== WHAT NEEDS TO BE DONE ==
Word for word, restate all of the data shown below.

─── SUPPLIED RECORDS ───

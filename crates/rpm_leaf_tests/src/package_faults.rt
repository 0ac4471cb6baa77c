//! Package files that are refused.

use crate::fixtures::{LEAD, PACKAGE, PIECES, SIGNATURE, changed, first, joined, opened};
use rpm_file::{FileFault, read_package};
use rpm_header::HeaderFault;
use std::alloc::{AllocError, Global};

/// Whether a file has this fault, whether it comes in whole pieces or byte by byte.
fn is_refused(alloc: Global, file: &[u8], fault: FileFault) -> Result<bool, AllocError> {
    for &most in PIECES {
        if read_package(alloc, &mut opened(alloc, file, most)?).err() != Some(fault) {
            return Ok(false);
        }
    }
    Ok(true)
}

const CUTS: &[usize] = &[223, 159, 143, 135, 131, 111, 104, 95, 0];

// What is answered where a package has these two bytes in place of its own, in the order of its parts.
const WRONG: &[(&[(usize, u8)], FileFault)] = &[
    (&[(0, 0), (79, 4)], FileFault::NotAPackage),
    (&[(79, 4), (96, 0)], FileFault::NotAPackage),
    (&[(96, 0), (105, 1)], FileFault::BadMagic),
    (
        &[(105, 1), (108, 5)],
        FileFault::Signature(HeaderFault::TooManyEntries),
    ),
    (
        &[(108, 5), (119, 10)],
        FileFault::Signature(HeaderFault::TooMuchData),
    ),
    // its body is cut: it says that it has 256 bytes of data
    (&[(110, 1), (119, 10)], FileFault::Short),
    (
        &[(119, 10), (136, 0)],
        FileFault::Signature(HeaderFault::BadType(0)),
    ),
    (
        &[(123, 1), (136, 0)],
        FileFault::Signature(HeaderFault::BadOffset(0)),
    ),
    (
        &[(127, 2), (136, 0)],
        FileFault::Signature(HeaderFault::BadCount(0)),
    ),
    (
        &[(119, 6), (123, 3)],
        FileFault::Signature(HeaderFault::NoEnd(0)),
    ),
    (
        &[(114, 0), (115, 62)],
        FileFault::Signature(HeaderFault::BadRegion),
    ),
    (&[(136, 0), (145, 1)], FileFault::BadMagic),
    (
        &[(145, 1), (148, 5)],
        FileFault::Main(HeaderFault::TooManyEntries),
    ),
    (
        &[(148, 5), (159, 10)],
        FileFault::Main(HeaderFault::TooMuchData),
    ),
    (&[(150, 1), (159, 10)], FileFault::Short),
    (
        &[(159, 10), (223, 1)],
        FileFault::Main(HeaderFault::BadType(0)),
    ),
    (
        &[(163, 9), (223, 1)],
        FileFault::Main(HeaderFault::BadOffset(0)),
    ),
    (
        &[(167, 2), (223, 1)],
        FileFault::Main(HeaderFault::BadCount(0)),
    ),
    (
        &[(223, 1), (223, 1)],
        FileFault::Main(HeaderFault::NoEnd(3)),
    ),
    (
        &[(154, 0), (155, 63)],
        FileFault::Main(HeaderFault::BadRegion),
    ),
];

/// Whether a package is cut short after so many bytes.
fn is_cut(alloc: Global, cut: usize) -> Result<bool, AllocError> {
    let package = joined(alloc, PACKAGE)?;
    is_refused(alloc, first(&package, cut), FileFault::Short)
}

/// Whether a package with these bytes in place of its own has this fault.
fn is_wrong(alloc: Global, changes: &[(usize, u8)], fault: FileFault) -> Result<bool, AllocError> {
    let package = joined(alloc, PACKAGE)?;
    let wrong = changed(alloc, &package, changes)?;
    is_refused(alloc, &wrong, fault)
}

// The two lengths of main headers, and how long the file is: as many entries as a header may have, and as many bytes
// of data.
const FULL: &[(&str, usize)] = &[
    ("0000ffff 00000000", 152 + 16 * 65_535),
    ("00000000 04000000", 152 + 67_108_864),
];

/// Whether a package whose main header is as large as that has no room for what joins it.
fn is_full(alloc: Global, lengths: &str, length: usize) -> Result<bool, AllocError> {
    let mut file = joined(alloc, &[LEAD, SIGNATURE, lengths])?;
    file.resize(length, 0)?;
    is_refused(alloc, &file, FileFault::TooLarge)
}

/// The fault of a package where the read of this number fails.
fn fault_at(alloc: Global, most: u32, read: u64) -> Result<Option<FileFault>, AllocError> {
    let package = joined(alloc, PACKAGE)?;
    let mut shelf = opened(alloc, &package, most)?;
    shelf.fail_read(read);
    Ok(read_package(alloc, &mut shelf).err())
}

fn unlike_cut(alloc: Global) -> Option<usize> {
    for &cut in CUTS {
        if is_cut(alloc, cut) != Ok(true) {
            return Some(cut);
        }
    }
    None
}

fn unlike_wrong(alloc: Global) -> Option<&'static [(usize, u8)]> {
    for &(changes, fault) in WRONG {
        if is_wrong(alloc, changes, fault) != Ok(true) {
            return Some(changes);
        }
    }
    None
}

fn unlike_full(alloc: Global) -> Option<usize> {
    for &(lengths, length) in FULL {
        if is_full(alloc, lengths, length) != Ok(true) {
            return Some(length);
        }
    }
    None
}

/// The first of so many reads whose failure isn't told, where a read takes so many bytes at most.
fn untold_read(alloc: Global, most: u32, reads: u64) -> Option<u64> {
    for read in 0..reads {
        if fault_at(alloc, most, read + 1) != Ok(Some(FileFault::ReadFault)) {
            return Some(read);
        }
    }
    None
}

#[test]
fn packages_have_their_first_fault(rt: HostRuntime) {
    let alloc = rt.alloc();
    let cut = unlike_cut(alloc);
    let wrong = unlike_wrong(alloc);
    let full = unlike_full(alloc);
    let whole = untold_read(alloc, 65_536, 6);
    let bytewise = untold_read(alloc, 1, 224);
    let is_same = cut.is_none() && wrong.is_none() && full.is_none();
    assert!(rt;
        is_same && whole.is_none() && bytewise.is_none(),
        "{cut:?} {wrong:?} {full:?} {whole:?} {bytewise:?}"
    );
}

───

== WORKED SOLUTION ==
filename crates/rpm_leaf_tests/src/package_faults.rt
repository 0ac4471cb6baa77c
//! Package files that are refused.

use crate::fixtures::{LEAD, PACKAGE, PIECES, SIGNATURE, changed, first, joined, opened};
use rpm_file::{FileFault, read_package};
use rpm_header::HeaderFault;
use std::alloc::{AllocError, Global};

/// Whether a file has this fault, whether it comes in whole pieces or byte by byte.
fn is_refused(alloc: Global, file: &[u8], fault: FileFault) -> Result<bool, AllocError> {
    for &most in PIECES {
        if read_package(alloc, &mut opened(alloc, file, most)?).err() != Some(fault) {
            return Ok(false);
        }
    }
    Ok(true)
}

const CUTS: &[usize] = &[223, 159, 143, 135, 131, 111, 104, 95, 0];

// What is answered where a package has these two bytes in place of its own, in the order of its parts.
const WRONG: &[(&[(usize, u8)], FileFault)] = &[
    (&[(0, 0), (79, 4)], FileFault::NotAPackage),
    (&[(79, 4), (96, 0)], FileFault::NotAPackage),
    (&[(96, 0), (105, 1)], FileFault::BadMagic),
    (
        &[(105, 1), (108, 5)],
        FileFault::Signature(HeaderFault::TooManyEntries),
    ),
    (
        &[(108, 5), (119, 10)],
        FileFault::Signature(HeaderFault::TooMuchData),
    ),
    // its body is cut: it says that it has 256 bytes of data
    (&[(110, 1), (119, 10)], FileFault::Short),
    (
        &[(119, 10), (136, 0)],
        FileFault::Signature(HeaderFault::BadType(0)),
    ),
    (
        &[(123, 1), (136, 0)],
        FileFault::Signature(HeaderFault::BadOffset(0)),
    ),
    (
        &[(127, 2), (136, 0)],
        FileFault::Signature(HeaderFault::BadCount(0)),
    ),
    (
        &[(119, 6), (123, 3)],
        FileFault::Signature(HeaderFault::NoEnd(0)),
    ),
    (
        &[(114, 0), (115, 62)],
        FileFault::Signature(HeaderFault::BadRegion),
    ),
    (&[(136, 0), (145, 1)], FileFault::BadMagic),
    (
        &[(145, 1), (148, 5)],
        FileFault::Main(HeaderFault::TooManyEntries),
    ),
    (
        &[(148, 5), (159, 10)],
        FileFault::Main(HeaderFault::TooMuchData),
    ),
    (&[(150, 1), (159, 10)], FileFault::Short),
    (
        &[(159, 10), (223, 1)],
        FileFault::Main(HeaderFault::BadType(0)),
    ),
    (
        &[(163, 9), (223, 1)],
        FileFault::Main(HeaderFault::BadOffset(0)),
    ),
    (
        &[(167, 2), (223, 1)],
        FileFault::Main(HeaderFault::BadCount(0)),
    ),
    (
        &[(223, 1), (223, 1)],
        FileFault::Main(HeaderFault::NoEnd(3)),
    ),
    (
        &[(154, 0), (155, 63)],
        FileFault::Main(HeaderFault::BadRegion),
    ),
];

/// Whether a package is cut short after so many bytes.
fn is_cut(alloc: Global, cut: usize) -> Result<bool, AllocError> {
    let package = joined(alloc, PACKAGE)?;
    is_refused(alloc, first(&package, cut), FileFault::Short)
}

/// Whether a package with these bytes in place of its own has this fault.
fn is_wrong(alloc: Global, changes: &[(usize, u8)], fault: FileFault) -> Result<bool, AllocError> {
    let package = joined(alloc, PACKAGE)?;
    let wrong = changed(alloc, &package, changes)?;
    is_refused(alloc, &wrong, fault)
}

// The two lengths of main headers, and how long the file is: as many entries as a header may have, and as many bytes
// of data.
const FULL: &[(&str, usize)] = &[
    ("0000ffff 00000000", 152 + 16 * 65_535),
    ("00000000 04000000", 152 + 67_108_864),
];

/// Whether a package whose main header is as large as that has no room for what joins it.
fn is_full(alloc: Global, lengths: &str, length: usize) -> Result<bool, AllocError> {
    let mut file = joined(alloc, &[LEAD, SIGNATURE, lengths])?;
    file.resize(length, 0)?;
    is_refused(alloc, &file, FileFault::TooLarge)
}

/// The fault of a package where the read of this number fails.
fn fault_at(alloc: Global, most: u32, read: u64) -> Result<Option<FileFault>, AllocError> {
    let package = joined(alloc, PACKAGE)?;
    let mut shelf = opened(alloc, &package, most)?;
    shelf.fail_read(read);
    Ok(read_package(alloc, &mut shelf).err())
}

fn unlike_cut(alloc: Global) -> Option<usize> {
    for &cut in CUTS {
        if is_cut(alloc, cut) != Ok(true) {
            return Some(cut);
        }
    }
    None
}

fn unlike_wrong(alloc: Global) -> Option<&'static [(usize, u8)]> {
    for &(changes, fault) in WRONG {
        if is_wrong(alloc, changes, fault) != Ok(true) {
            return Some(changes);
        }
    }
    None
}

fn unlike_full(alloc: Global) -> Option<usize> {
    for &(lengths, length) in FULL {
        if is_full(alloc, lengths, length) != Ok(true) {
            return Some(length);
        }
    }
    None
}

/// The first of so many reads whose failure isn't told, where a read takes so many bytes at most.
fn untold_read(alloc: Global, most: u32, reads: u64) -> Option<u64> {
    for read in 0..reads {
        if fault_at(alloc, most, read + 1) != Ok(Some(FileFault::ReadFault)) {
            return Some(read);
        }
    }
    None
}

#[test]
fn packages_have_their_first_fault(rt: HostRuntime) {
    let alloc = rt.alloc();
    let cut = unlike_cut(alloc);
    let wrong = unlike_wrong(alloc);
    let full = unlike_full(alloc);
    let whole = untold_read(alloc, 65_536, 6);
    let bytewise = untold_read(alloc, 1, 224);
    let is_same = cut.is_none() && wrong.is_none() && full.is_none();
    assert!(rt;
        is_same && whole.is_none() && bytewise.is_none(),
        "{cut:?} {wrong:?} {full:?} {whole:?} {bytewise:?}"
    );
}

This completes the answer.